Financing and purchasing apartment buildings by taking out mortgage loans
May 5th, 2011Taking out an apartment loan is considered as one of the easiest way of financing a commercial property among other investment properties. Apartment mortgage loans are not much similar to the conventional mortgage loans that one takes out for buying a normal house. Usually those properties with more than 4 units are known as apartments and these are commercial properties with their own underwriting and funding rules and regulations. The ace mortgage loan lending organization Fannie Mae supplies a number of apartment mortgage loans. Just like taking out a traditional mortgage loan, a borrower must consider ‘how much house can I afford’ before taking out the mortgage loan. Read on to know more on apartment mortgage loans.
Are there any similarity between apartment mortgage loans and normal home loans?
The apartment mortgage loans and the normal mortgage loans share some particular things in common. Check them out.
* Up to 80% of the property’s value can be financed like normal home loans.
* You can take out an apartment mortgage loan with 30 year repayment term. The terms usually vary from 5-25 years.

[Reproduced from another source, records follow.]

// Calls, new objects and returns. ECMA-335, Partition III; the limit of frames is this project's own.
ghost use Rattle.std.specs.Prelude.{◌≡◌, ◌==◌, ℕ, ◌+◌, ◌++◌, [], ◌∷◌, List, Option, Ok, true, false, drop, map, position, slice_get, IfOk, OnOk};
ghost use Rattle.il_model.specs.declared.layout.MethodTree.{MethodTree as TheMethod};
ghost use Rattle.il_model.specs.ClassRules.{HasTypes, EachClass, HasFewSlots};
ghost use Rattle.il_model.specs.Found.{method_at};
ghost use Rattle.il_model.specs.Kinds.{is_value};
ghost use Rattle.il_model.specs.Slots.{is_interface, is_interface_kind, slots_of};
ghost use Rattle.cil_meaning.specs.Naming.{put_type};
ghost use Rattle.cil_meaning.specs.Types.{argument_places, put_place, zero_of};
ghost use Rattle.cil_meaning.specs.Calls.{slot_by, slot_found, object_for, first_places};
ghost use Rattle.cil_meaning.specs.Frames.{Result as Returned, outer};
ghost use Rattle.cil_meaning.specs.Threads.{alone_in};
ghost use Rattle.unshared.specs.declared.frames.Frames.{Frames as FramesHere};
ghost use Rattle.unshared.specs.Called.{callee_of, has_room, calls, calls_slot, calls_exact, calls_object, calls_named, calls_plainly, builds, allocates, finishes, returns_to, returns};
ghost use Rattle.unshared.specs.Constrained.{calls_led, calls_boxed, by_numbers, by_slot, constrained};
ghost use Rattle.unshared.specs.Forms.{the_pointer, the_value};
ghost use Rattle.unshared.specs.Going.{did, pushed, Keeps};
ghost use Rattle.unshared.specs.Held.{the_awaited, the_places, frames_around, places_of};
ghost use Rattle.unshared.specs.Objects.{the_object};
ghost use Rattle.unshared.specs.Silent.{Gives, there};
ghost use Rattle.unshared.specs.Standing.{frames_or_none};
ghost use Rattle.unshared.specs.Taken.{values_taken, has_values, taken_behind, kept_from, all_kept, kept_result, result_kept};
ghost use Rattle.unshared.specs.Talk.{Talks};

use crate::boxes::new_box;
use crate::exact::{spells, types};
use crate::fault::Fault;
use crate::found::method_there;
use crate::frames::{Awaited, Done, Frames, Places, first_frame};
use crate::members::not_null;
use crate::memory::reads;
use crate::mentions::settle_method;
use crate::operands::only;
use crate::pause::{Halt, Pause, Replies};
use crate::trees::Trees;
use crate::types::{
    copied, fits_place, object_place, put_place, put_type, takes_object, value_kept, zero_of, zeros,
};
use crate::value::{Kind, Pointer, Value, value_of};
use il_model::{ClassKind, MRef, MethodDef, MethodTree, PType, Program, class_of};
use mn_outside::NoMemory;
use sqlite_items::Items;
use std::alloc::Global;
use std::mem;
use store_object::{Cause, Request};
use type_inst::{implementation, is_reference, is_value, layout, own_methods_of, slots, words_of};
use type_tree::{TExpr, copy_all};

// The most frames of a thread.
const MOST_FRAMES: usize = 1024;

/// What a call leaves of the caller: how many values are taken from its stack, what it waits for, and the words of a struct
/// that is to be built.
#[derive(Drop)]
pub(crate) struct Calling {
    pub taken: usize,
    pub awaits: Awaited,
    pub fresh: Vec<u64>,
}

fn put(kinds: &mut Items<TExpr>, kind: TExpr) -> Result<(), NoMemory>
    ensures { OnOk result (kinds.new ≡ kinds.old ++ kind ∷ []) }
{
    match kinds.push(kind) {
        Ok(()) => Ok(()),
        Err(_) => Err(NoMemory),
    }
}

/// The method that is named, with the arguments of an instantiated method put.
pub(crate) fn callee(
    alloc: Global,
    method: &MethodTree,
    named: &MRef,
    number: u16,
) -> Result<MethodTree, NoMemory>
    ensures { IfOk result (λ callee. callee ≡ callee_of method.now named.now number) }
{
    let class = put_type(alloc, method, &named.class)?;
    let args = put_types(alloc, method, named.args.as_slice())?;
    Ok(MethodTree {
        method: number,
        class,
        args,
    })
}

fn put_types(alloc: Global, method: &MethodTree, kinds: &[TExpr]) -> Result<Items<TExpr>, NoMemory>
    ensures { IfOk result (λ all. all ≡ map (put_type method.now) kinds.now) }
{
    let mut all = Items::new(alloc);
    for kind in kinds {
        let closed = put_type(alloc, method, kind)?;
        put(&mut all, closed)?;
    }
    Ok(all)
}

fn hold(held: &mut Vec<Value>, value: Value) -> Result<(), NoMemory>
    ensures { OnOk result (map the_value held.new.items ≡ map the_value held.old.items ++ the_value value ∷ []) }
{
    match held.push(value) {
        Ok(()) => Ok(()),
        Err(_) => Err(NoMemory),
    }
}

// Copies of these values behind those that are there.
fn hold_all(alloc: Global, held: &mut Vec<Value>, values: &[Value]) -> Result<(), NoMemory>
    ensures { OnOk result (map the_value held.new.items ≡ map the_value held.old.items ++ map the_value values.now) }
{
    for value in values {
        let copy = value.copied(alloc)?;
        hold(held, copy)?;
    }
    Ok(())
}

// Copies of so many values from the top of the stack, the deepest first.
#[tactic(auto, using(crate::proofs::StackLemmas::took), unfolding(crate::specs::Taken::values_taken))]
fn values_taken(alloc: Global, frames: &Frames, count: usize) -> Result<Vec<Value>, Pause>
    ensures { Gives (λ values. map the_value values.items) (values_taken frames.now count) result }
{
    let stack = frames.top.stack.as_slice();
    if count > stack.len() {
        return Err(Pause::Halts(Halt::Stuck));
    }
    let mut held = Vec::new(alloc);
    hold_all(alloc, &mut held, &stack[stack.len() - count..])?;
    Ok(held)
}

// Whether there are so many values.
#[tactic(auto, unfolding(crate::specs::Taken::has_values))]
fn has_values(frames: &Frames, count: usize) -> Result<(), Pause>
    ensures { Gives (λ nothing. nothing) (has_values frames.now count) result }
{
    if count > frames.top.stack.len() {
        Err(Pause::Halts(Halt::Stuck))
    } else {
        Ok(())
    }
}

// A list of one value, or of none.
fn front_of(alloc: Global, object: Option<Value>) -> Result<Vec<Value>, NoMemory>
    ensures { IfOk result (λ front. map the_value front.items ≡ pushed object) }
{
    let mut front = Vec::new(alloc);
    match object {
        Some(object) => {
            hold(&mut front, object)?;
            Ok(front)
        }
        None => Ok(front),
    }
}

// So many values from the top of the stack, the deepest first, behind an object.
#[tactic(auto, unfolding(crate::specs::Taken::taken_behind))]
fn arguments(
    alloc: Global,
    frames: &Frames,
    object: Option<Value>,
    count: usize,
) -> Result<Vec<Value>, Pause>
    ensures { Gives (λ values. map the_value values.items) (taken_behind (pushed object) frames.now count) result }
{
    let mut all = front_of(alloc, object)?;
    let values = values_taken(alloc, frames, count)?;
    hold_all(alloc, &mut all, values.as_slice())?;
    Ok(all)
}

fn add_places(
    alloc: Global,
    method: &MethodTree,
    all: &mut Vec<PType>,
    places: &[PType],
) -> Result<(), NoMemory>
    ensures { OnOk result (all.new.items ≡ all.old.items ++ map (put_place method.now) places.now) }
{
    for place in places {
        let closed = put_place(alloc, method, place)?;
        match all.push(closed) {
            Ok(()) => {}
            Err(_) => return Err(NoMemory),
        }
    }
    Ok(())
}

// The types of the arguments of an instantiated method, the object first.
fn argument_places(
    alloc: Global,
    program: &Program,
    method: &MethodTree,
    definition: &MethodDef,
) -> Result<Vec<PType>, NoMemory>
    ensures { IfOk result (λ places. places.items ≡ argument_places program.now method.now definition.now) }
{
    let mut all = Vec::new(alloc);
    if takes_object(definition.shape) {
        match all.push(object_place(alloc, program, &method.class)?) {
            Ok(()) => {}
            Err(_) => return Err(NoMemory),
        }
    }
    add_places(alloc, method, &mut all, definition.params.as_slice())?;
    Ok(all)
}

// What places keep of values, behind what is there.
#[tactic(auto, unfolding(crate::specs::Taken::kept_from))]
fn keep_from(
    alloc: Global,
    program: &Program,
    places: &[PType],
    values: &[Value],
    found: &mut Vec<Value>,
) -> Result<(), Pause>
    ensures { Gives (λ nothing. map the_value found.new.items) (kept_from program.now places.now (map the_value values.now) (map the_value found.old.items)) result }
{
    match places {
        [] => Ok(()),
        [place, others @ ..] => match values {
            [] => Err(Pause::Halts(Halt::Stuck)),
            [value, rest @ ..] => {
                let kept = fits_place(alloc, program, place, value)?;
                hold(found, kept)?;
                Ok(keep_from(alloc, program, others, rest, found)?)
            }
        },
    }
}

// What places keep of as many values.
#[tactic(auto, unfolding(crate::specs::Taken::all_kept))]
fn keep_all(
    alloc: Global,
    program: &Program,
    places: &[PType],
    values: &[Value],
) -> Result<Vec<Value>, Pause>
    ensures { Gives (λ held. map the_value held.items) (all_kept program.now places.now (map the_value values.now)) result }
{
    if places.len() != values.len() {
        return Err(Pause::Halts(Halt::Stuck));
    }
    let mut found = Vec::new(alloc);
    keep_from(alloc, program, places, values, &mut found)?;
    Ok(found)
}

* You need an exceptionally good credit score for taking out an apartment mortgage loan, like the normal home loan.
* If you suddenly fall back on your monthly mortgage loan payments, you can even take out a home equity loan or a second mortgage against your apartment building.
* The mortgage loan will have your property taken as the collateral.
What makes apartment loans different from normal home loans?
Though it is a fact that the apartment loans are secured by pledging the apartment building as collateral, yet they are more like commercial loans than normal home loans. Check out some ways in which the apartment loans differ from your home mortgage loans.
* You may get the benefit of lender recourse and therefore all your personal items will not be at risk in the event of a default.
* The loan origination fees can be staggeringly high. Sometimes the fees may even range from $4500 to $7500.
* If you prepay the loan, you may be subject to high pre payment costs like 20% of the loan balance. If you are keen on avoiding the penalty while selling off the property, you may even substitute a similar property as collateral but keep the loan against the property.
* You can take out apartment mortgage loans from corporations, trusts, partnerships and LLCs.
Thus, if you’re confused about the striking differences between the home loans and the apartment mortgage loan, consider the differences and the similarities mentioned above. Don’t forget to consider ‘how much house can I afford’ before deciding on the loan amount.